» Instructions to follow: Go through the records line by line from the top and repeat each one exactly, ending with the line that contains "result ≡ length".

(Saved entries)
_ _ _ _ _

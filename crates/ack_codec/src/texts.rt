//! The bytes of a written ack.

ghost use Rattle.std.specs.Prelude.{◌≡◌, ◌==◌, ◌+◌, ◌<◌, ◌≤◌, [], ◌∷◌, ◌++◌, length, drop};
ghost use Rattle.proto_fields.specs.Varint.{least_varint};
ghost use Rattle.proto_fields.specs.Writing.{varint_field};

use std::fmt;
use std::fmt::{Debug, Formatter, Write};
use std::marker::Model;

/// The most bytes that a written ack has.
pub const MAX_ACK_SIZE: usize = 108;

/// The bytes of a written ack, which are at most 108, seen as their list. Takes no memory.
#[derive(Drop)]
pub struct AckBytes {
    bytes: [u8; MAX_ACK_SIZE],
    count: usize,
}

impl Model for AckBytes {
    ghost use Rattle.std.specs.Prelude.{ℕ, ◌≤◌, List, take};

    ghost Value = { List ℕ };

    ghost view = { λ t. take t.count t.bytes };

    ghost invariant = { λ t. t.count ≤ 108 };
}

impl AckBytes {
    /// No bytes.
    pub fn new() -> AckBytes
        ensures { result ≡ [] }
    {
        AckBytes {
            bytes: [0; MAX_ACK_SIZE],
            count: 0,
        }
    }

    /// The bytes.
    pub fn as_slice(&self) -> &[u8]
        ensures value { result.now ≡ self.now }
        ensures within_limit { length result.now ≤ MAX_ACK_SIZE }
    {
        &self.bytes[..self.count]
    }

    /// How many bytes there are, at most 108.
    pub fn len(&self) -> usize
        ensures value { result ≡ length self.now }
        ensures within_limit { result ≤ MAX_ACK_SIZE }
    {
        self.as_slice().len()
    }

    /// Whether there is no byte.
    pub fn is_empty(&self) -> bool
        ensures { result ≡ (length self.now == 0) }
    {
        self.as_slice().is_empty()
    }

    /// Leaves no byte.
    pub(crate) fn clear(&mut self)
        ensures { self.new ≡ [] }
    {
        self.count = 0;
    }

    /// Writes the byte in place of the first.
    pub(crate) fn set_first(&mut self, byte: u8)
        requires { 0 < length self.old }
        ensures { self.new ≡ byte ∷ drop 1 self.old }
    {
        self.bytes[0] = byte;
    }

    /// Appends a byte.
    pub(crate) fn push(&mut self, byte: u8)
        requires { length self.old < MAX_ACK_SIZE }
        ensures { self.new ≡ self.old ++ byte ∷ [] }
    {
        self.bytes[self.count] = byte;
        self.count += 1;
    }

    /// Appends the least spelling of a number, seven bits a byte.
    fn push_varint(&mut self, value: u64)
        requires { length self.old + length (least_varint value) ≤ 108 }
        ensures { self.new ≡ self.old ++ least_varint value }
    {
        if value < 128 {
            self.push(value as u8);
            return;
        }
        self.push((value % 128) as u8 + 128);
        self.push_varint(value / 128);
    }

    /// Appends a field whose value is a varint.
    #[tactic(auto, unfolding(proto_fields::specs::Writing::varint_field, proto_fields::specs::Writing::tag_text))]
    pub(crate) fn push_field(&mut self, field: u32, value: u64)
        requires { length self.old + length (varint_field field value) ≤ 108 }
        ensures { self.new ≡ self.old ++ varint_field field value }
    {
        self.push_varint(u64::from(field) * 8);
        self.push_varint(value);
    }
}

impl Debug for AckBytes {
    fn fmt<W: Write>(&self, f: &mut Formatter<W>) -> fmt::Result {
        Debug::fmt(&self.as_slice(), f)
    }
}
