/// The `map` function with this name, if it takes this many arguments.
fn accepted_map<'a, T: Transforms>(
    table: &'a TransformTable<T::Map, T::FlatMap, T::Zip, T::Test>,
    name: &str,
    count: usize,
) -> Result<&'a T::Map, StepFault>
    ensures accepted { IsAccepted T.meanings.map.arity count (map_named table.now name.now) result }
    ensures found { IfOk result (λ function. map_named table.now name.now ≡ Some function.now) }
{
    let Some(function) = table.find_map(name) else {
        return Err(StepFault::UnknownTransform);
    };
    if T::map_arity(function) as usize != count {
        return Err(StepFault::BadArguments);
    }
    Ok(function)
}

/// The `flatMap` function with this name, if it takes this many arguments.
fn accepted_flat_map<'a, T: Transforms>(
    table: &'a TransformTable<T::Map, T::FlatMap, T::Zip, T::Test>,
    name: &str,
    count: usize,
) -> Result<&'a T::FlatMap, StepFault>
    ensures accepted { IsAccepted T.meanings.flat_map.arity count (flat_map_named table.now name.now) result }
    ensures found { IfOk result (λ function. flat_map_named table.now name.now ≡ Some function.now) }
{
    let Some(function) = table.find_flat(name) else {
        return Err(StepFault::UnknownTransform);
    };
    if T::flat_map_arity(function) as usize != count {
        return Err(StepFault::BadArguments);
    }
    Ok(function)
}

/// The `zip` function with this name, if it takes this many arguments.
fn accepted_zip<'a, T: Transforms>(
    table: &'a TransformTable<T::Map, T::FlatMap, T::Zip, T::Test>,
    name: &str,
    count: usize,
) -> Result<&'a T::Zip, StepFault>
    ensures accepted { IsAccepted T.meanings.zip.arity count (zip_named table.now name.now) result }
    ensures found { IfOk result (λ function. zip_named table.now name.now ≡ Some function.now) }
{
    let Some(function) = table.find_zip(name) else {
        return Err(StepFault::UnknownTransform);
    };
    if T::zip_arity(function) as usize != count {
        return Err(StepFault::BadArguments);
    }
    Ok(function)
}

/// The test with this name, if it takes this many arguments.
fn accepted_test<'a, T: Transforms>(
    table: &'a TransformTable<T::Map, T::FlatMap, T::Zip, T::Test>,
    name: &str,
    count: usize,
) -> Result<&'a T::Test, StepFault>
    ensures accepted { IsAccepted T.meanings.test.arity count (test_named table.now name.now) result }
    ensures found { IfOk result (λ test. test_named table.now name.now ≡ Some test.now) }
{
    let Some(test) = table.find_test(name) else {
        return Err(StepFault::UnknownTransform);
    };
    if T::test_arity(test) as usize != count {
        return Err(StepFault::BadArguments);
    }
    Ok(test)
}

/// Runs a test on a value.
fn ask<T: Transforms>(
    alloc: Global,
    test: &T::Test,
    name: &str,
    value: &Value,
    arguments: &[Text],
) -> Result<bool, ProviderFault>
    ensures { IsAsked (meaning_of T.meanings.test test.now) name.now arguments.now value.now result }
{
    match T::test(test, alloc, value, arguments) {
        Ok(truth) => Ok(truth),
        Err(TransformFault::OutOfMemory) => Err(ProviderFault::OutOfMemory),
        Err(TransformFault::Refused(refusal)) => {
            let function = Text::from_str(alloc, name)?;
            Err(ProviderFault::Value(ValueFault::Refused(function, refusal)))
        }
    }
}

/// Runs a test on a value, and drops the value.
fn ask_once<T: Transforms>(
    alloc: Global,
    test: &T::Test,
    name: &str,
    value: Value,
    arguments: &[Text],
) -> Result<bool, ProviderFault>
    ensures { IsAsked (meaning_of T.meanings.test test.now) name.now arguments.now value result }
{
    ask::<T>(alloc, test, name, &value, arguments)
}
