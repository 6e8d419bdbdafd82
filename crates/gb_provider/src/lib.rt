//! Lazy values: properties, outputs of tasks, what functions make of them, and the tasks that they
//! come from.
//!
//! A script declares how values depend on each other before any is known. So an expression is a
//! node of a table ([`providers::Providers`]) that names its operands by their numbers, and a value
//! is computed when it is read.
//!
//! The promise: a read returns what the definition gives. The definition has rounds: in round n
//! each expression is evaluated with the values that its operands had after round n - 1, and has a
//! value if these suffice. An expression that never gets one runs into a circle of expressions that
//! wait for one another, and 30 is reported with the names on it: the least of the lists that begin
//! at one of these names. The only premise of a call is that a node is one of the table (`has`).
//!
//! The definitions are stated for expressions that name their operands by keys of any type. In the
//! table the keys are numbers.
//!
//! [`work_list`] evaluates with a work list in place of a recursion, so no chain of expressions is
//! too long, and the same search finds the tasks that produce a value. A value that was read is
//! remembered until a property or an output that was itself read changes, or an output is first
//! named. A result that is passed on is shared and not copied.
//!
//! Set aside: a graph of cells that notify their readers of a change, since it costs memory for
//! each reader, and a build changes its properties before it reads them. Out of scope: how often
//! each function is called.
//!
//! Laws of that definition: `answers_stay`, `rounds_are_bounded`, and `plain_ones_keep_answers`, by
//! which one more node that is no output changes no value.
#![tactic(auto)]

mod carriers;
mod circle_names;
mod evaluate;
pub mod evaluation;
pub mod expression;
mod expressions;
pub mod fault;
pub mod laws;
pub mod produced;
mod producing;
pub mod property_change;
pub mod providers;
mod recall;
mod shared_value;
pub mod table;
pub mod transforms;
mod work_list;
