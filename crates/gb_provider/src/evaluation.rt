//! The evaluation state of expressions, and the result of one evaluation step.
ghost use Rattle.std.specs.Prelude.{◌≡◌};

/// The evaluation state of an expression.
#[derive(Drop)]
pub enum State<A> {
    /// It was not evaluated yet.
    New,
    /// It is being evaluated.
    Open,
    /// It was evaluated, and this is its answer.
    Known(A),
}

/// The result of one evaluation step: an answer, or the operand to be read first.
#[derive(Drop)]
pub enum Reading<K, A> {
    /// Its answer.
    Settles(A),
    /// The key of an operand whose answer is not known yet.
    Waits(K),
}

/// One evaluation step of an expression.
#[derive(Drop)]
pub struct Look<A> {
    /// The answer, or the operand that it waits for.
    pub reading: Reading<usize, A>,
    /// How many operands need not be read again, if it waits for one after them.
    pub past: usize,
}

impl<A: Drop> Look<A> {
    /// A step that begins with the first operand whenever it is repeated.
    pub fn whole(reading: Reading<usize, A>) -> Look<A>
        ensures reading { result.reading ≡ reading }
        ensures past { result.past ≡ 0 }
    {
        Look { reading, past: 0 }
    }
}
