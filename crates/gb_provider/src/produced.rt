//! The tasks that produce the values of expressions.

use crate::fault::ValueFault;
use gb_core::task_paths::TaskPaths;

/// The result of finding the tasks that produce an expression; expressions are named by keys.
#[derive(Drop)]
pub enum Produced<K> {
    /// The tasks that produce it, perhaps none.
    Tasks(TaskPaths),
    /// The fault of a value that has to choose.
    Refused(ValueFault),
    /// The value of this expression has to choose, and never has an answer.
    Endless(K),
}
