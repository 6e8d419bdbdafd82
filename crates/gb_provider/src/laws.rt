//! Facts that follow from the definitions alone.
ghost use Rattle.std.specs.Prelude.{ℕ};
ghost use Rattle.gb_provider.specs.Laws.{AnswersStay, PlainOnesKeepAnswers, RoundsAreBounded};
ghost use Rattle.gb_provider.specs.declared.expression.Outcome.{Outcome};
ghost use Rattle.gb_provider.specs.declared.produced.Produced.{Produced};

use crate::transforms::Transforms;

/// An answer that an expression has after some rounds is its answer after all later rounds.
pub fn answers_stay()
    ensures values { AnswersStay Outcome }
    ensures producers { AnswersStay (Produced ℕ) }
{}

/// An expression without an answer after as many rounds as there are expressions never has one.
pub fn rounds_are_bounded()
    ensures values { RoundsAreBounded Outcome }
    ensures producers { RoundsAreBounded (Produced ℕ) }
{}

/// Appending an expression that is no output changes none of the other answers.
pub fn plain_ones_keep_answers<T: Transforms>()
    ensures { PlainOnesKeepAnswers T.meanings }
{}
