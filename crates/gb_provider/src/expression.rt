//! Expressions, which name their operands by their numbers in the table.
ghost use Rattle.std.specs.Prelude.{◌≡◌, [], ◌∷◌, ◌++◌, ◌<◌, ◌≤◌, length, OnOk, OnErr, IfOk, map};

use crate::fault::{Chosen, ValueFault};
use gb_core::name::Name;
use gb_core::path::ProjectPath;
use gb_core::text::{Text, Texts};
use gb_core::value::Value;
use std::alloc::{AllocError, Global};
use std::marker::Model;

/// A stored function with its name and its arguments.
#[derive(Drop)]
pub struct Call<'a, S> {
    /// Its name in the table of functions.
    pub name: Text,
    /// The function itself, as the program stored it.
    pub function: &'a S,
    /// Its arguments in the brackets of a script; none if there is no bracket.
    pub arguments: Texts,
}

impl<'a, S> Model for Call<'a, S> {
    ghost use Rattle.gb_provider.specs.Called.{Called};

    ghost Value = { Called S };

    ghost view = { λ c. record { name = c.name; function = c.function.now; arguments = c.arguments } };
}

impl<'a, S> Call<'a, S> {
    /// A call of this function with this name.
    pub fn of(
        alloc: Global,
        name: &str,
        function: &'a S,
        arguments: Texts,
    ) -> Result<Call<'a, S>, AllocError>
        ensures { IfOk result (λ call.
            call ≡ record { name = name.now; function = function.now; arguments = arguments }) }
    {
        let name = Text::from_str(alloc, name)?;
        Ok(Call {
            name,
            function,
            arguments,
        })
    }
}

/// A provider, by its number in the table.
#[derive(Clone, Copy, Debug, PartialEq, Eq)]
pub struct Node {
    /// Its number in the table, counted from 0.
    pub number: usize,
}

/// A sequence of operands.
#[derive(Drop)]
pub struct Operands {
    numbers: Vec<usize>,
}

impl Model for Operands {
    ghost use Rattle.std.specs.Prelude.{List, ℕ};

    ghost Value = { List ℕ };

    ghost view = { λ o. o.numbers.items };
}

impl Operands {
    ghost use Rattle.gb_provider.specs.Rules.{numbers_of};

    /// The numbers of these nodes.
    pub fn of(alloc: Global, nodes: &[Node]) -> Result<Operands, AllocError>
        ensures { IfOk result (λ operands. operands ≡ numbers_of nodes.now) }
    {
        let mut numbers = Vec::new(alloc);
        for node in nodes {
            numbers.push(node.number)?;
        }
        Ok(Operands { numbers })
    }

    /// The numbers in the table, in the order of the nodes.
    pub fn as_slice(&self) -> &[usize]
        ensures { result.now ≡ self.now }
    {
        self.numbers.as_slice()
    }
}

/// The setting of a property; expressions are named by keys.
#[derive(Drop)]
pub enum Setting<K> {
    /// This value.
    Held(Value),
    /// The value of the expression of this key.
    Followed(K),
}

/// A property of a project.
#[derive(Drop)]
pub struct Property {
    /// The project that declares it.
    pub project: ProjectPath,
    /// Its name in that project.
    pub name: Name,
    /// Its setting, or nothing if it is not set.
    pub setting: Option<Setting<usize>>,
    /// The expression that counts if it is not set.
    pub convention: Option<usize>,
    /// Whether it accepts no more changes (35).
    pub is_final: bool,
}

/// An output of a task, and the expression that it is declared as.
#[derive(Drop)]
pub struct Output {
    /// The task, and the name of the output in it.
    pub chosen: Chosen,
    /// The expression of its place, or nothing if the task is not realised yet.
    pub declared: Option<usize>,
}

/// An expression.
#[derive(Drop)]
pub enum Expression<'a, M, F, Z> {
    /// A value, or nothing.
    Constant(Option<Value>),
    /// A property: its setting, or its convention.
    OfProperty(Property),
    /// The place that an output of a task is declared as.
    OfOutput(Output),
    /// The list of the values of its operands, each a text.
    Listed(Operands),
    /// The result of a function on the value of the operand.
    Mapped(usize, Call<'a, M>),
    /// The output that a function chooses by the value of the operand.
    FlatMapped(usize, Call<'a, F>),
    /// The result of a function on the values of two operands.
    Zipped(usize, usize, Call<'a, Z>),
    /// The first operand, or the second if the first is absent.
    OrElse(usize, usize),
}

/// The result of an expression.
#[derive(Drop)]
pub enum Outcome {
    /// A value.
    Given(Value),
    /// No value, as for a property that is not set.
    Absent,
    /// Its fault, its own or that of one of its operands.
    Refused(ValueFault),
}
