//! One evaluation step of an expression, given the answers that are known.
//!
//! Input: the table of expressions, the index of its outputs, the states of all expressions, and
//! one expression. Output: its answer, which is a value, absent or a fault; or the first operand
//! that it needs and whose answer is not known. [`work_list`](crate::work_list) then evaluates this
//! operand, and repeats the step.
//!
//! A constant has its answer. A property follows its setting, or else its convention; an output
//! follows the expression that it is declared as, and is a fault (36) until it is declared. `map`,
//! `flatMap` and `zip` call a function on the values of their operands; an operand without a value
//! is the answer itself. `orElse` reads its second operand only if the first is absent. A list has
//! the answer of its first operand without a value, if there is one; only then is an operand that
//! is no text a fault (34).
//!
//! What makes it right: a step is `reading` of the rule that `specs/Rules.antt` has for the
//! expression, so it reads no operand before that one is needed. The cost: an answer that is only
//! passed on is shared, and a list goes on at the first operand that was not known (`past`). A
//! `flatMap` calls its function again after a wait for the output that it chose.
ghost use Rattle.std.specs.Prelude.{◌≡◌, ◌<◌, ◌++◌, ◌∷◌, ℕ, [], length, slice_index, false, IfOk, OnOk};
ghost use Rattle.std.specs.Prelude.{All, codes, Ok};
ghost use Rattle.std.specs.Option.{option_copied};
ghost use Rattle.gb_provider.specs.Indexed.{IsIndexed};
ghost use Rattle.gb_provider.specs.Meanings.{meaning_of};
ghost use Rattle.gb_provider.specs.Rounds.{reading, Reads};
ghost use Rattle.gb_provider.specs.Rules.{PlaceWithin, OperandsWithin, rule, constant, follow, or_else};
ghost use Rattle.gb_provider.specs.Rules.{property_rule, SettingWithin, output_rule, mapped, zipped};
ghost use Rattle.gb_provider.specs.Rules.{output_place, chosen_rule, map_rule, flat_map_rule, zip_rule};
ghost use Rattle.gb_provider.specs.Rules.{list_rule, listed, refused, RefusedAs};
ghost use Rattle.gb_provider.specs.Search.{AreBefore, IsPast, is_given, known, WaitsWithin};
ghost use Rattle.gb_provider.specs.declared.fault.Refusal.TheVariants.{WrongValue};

_ _ _ _ _

» Reply:
filename crates/ack_codec/src/texts.rt
//! The bytes of a written ack.

ghost use Rattle.std.specs.Prelude.{◌≡◌, ◌==◌, ◌+◌, ◌<◌, ◌≤◌, [], ◌∷◌, ◌++◌, length, drop};
ghost use Rattle.proto_fields.specs.Varint.{least_varint};
ghost use Rattle.proto_fields.specs.Writing.{varint_field};

use std::fmt;
use std::fmt::{Debug, Formatter, Write};
use std::marker::Model;

/// The most bytes that a written ack has.
pub const MAX_ACK_SIZE: usize = 108;

/// The bytes of a written ack, which are at most 108, seen as their list. Takes no memory.
#[derive(Drop)]
pub struct AckBytes {
    bytes: [u8; MAX_ACK_SIZE],
    count: usize,
}

impl Model for AckBytes {
    ghost use Rattle.std.specs.Prelude.{ℕ, ◌≤◌, List, take};

    ghost Value = { List ℕ };

    ghost view = { λ t. take t.count t.bytes };

    ghost invariant = { λ t. t.count ≤ 108 };
}

impl AckBytes {
    /// No bytes.
    pub fn new() -> AckBytes
        ensures { result ≡ [] }
    {
        AckBytes {
            bytes: [0; MAX_ACK_SIZE],
            count: 0,
        }
    }

    /// The bytes.
    pub fn as_slice(&self) -> &[u8]
        ensures value { result.now ≡ self.now }
        ensures within_limit { length result.now ≤ MAX_ACK_SIZE }
    {
        &self.bytes[..self.count]
    }

    /// How many bytes there are, at most 108.
    pub fn len(&self) -> usize
        ensures value { result ≡ length self.now }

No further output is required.